Warum so kompliziert über VBS?
Einfach mit dem Button beim Ereigniss klicken die Funktion "Starte Programm" (Findet man unter Sonstige Funktionen) auswählen. Als Parameter kann man dann auch noch den Dateinamen, von der Datei die mit dem Programm geöffnet werden soll, übergeben.

Gruß euro


----------



## marlob (17 Januar 2011)

euro schrieb:


> Warum so kompliziert über VBS?
> Einfach mit dem Button beim Ereigniss klicken die Funktion "Starte Programm" (Findet man unter Sonstige Funktionen) auswählen. Als Parameter kann man dann auch noch den Dateinamen, von der Datei die mit dem Programm geöffnet werden soll, übergeben.
> 
> Gruß euro


Weil wir hier bei WinCC sind und nicht bei WinCC *flexible*


----------



## bastimeister (20 Januar 2011)

Hallo Marlob deine Bemerkung:


> Weil wir hier bei WinCC sind und nicht bei WinCC *flexible*


 
Ist leider nicht ganz richtig den das *geht auch in* *WinCC V7.0*!

Öffne mal den *GraficDesigner* und schau dort mal rechtts unter "*DynamicWissard*" -> unter "*Systemfuntionen*"
gleich der allererste Punkt: "*Andere Applikation Starten*"

So kann man sogar aus WinCC heraus WinCC-flexibel starten!

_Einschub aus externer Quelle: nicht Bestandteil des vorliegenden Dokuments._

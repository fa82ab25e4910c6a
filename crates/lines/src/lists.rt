//! Room for the numbers of a line's lists.
use arrayvec::ArrayVec;
use grammar::line::MOST_NUMBERS;

/// Room for the numbers of one list, which whoever reads a line lends, so that no memory is asked for: what is read
/// borrows them from here. Nothing is laid out before there is a list.
#[derive(Drop)]
pub struct Room {
    pub(crate) numbers: Option<ArrayVec<u64, MOST_NUMBERS>>,
}

impl Room {
    ghost use Rattle.lines.specs.Lists.{IsEmpty};

    /// No numbers yet.
    pub fn new() -> Room
        ensures { IsEmpty result }
    {
        Room { numbers: None }
    }
}

/// Room for the three lists of an opening.
#[derive(Drop)]
pub struct Lists {
    pub(crate) kinds: Room,
    pub(crate) counts: Room,
    pub(crate) installed: Room,
}

impl Lists {
    ghost use Rattle.lines.specs.Lists.{AreEmpty};

    /// No lists yet.
    pub fn new() -> Lists
        ensures { AreEmpty result }
    {
        Lists {
            kinds: Room::new(),
            counts: Room::new(),
            installed: Room::new(),
        }
    }
}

Andersrum funktioniert das leider nicht!

Also ist wirklich einfacher als man denkt, man muss nur mal wieder das ganze finden, bzw. wissen wonach man suchen soll (inder Hilfe)... Hab ich selber bei Siemens manchmal so m


----------



## marlob (20 Januar 2011)

WinCC 7 habe ich noch nicht.
Aber meine Bemerkung bezog sich hauptsächlich auf das "StarteProgramme" und das ist eine flexible Funktion.
Aber trotzdem Danke für den Hinweis.


----------